Your instructions >>
Each entry below must appear in the answer exactly as written.

Stored data
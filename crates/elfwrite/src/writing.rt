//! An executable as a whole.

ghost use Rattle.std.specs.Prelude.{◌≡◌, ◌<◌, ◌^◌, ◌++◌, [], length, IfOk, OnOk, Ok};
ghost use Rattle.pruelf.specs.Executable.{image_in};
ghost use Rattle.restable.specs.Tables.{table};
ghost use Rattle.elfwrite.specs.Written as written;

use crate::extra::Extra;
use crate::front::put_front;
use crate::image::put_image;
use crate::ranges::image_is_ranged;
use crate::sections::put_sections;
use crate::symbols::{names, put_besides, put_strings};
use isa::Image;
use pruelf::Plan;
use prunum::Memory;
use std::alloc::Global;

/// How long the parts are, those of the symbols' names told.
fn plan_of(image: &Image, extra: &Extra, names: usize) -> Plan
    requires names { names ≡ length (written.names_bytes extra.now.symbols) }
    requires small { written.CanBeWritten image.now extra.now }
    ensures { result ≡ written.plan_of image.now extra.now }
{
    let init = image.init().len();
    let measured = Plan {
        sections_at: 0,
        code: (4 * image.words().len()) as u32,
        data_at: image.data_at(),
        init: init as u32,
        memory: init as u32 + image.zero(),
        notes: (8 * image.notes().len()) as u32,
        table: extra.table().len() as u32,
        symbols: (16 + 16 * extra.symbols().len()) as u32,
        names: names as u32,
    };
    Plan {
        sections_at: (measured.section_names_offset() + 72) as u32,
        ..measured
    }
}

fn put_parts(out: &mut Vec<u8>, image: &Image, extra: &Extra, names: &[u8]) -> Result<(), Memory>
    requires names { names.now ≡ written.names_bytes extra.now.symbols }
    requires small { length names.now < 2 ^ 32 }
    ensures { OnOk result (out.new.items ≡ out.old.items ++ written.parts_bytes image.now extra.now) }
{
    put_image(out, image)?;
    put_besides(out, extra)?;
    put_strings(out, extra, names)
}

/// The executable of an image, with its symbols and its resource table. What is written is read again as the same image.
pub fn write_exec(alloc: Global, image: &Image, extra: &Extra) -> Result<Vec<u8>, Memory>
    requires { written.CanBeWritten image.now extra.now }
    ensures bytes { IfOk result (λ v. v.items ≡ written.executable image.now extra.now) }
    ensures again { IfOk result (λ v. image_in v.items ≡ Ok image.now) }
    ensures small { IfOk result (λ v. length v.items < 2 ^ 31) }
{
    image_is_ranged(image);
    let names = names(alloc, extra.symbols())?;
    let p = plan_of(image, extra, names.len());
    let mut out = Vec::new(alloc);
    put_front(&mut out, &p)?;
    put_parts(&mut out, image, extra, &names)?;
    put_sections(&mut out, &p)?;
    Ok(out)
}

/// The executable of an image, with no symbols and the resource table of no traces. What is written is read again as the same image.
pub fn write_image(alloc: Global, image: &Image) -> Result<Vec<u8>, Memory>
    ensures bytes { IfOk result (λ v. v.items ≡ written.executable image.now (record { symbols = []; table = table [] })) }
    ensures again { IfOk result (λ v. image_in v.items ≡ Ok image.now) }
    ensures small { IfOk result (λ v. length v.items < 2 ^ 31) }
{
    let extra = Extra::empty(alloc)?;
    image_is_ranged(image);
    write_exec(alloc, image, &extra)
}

Answer space >>
filename crates/elfwrite/src/writing.rt
//! An executable as a whole.

ghost use Rattle.std.specs.Prelude.{◌≡◌, ◌<◌, ◌^◌, ◌++◌, [], length, IfOk, OnOk, Ok};
ghost use Rattle.pruelf.specs.Executable.{image_in};
ghost use Rattle.restable.specs.Tables.{table};
ghost use Rattle.elfwrite.specs.Written as written;

use crate::extra::Extra;
use crate::front::put_front;
use crate::image::put_image;
use crate::ranges::image_is_ranged;
use crate::sections::put_sections;
use crate::symbols::{names, put_besides, put_strings};
use isa::Image;
use pruelf::Plan;
use prunum::Memory;
use std::alloc::Global;

/// How long the parts are, those of the symbols' names told.
fn plan_of(image: &Image, extra: &Extra, names: usize) -> Plan
    requires names { names ≡ length (written.names_bytes extra.now.symbols) }
    requires small { written.CanBeWritten image.now extra.now }
    ensures { result ≡ written.plan_of image.now extra.now }
{
    let init = image.init().len();
    let measured = Plan {
        sections_at: 0,
        code: (4 * image.words().len()) as u32,
        data_at: image.data_at(),
        init: init as u32,
        memory: init as u32 + image.zero(),
        notes: (8 * image.notes().len()) as u32,
        table: extra.table().len() as u32,
        symbols: (16 + 16 * extra.symbols().len()) as u32,
        names: names as u32,
    };
    Plan {
        sections_at: (measured.section_names_offset() + 72) as u32,
        ..measured
    }
}

fn put_parts(out: &mut Vec<u8>, image: &Image, extra: &Extra, names: &[u8]) -> Result<(), Memory>
    requires names { names.now ≡ written.names_bytes extra.now.symbols }
    requires small { length names.now < 2 ^ 32 }
    ensures { OnOk result (out.new.items ≡ out.old.items ++ written.parts_bytes image.now extra.now) }
{
    put_image(out, image)?;
    put_besides(out, extra)?;
    put_strings(out, extra, names)
}

/// The executable of an image, with its symbols and its resource table. What is written is read again as the same image.
pub fn write_exec(alloc: Global, image: &Image, extra: &Extra) -> Result<Vec<u8>, Memory>
    requires { written.CanBeWritten image.now extra.now }
    ensures bytes { IfOk result (λ v. v.items ≡ written.executable image.now extra.now) }
    ensures again { IfOk result (λ v. image_in v.items ≡ Ok image.now) }
    ensures small { IfOk result (λ v. length v.items < 2 ^ 31) }
{
    image_is_ranged(image);
    let names = names(alloc, extra.symbols())?;
    let p = plan_of(image, extra, names.len());
    let mut out = Vec::new(alloc);
    put_front(&mut out, &p)?;
    put_parts(&mut out, image, extra, &names)?;
    put_sections(&mut out, &p)?;
    Ok(out)
}

/// The executable of an image, with no symbols and the resource table of no traces. What is written is read again as the same image.
pub fn write_image(alloc: Global, image: &Image) -> Result<Vec<u8>, Memory>
    ensures bytes { IfOk result (λ v. v.items ≡ written.executable image.now (record { symbols = []; table = table [] })) }
    ensures again { IfOk result (λ v. image_in v.items ≡ Ok image.now) }
    ensures small { IfOk result (λ v. length v.items < 2 ^ 31) }
{
    let extra = Extra::empty(alloc)?;
    image_is_ranged(image);
    write_exec(alloc, image, &extra)
}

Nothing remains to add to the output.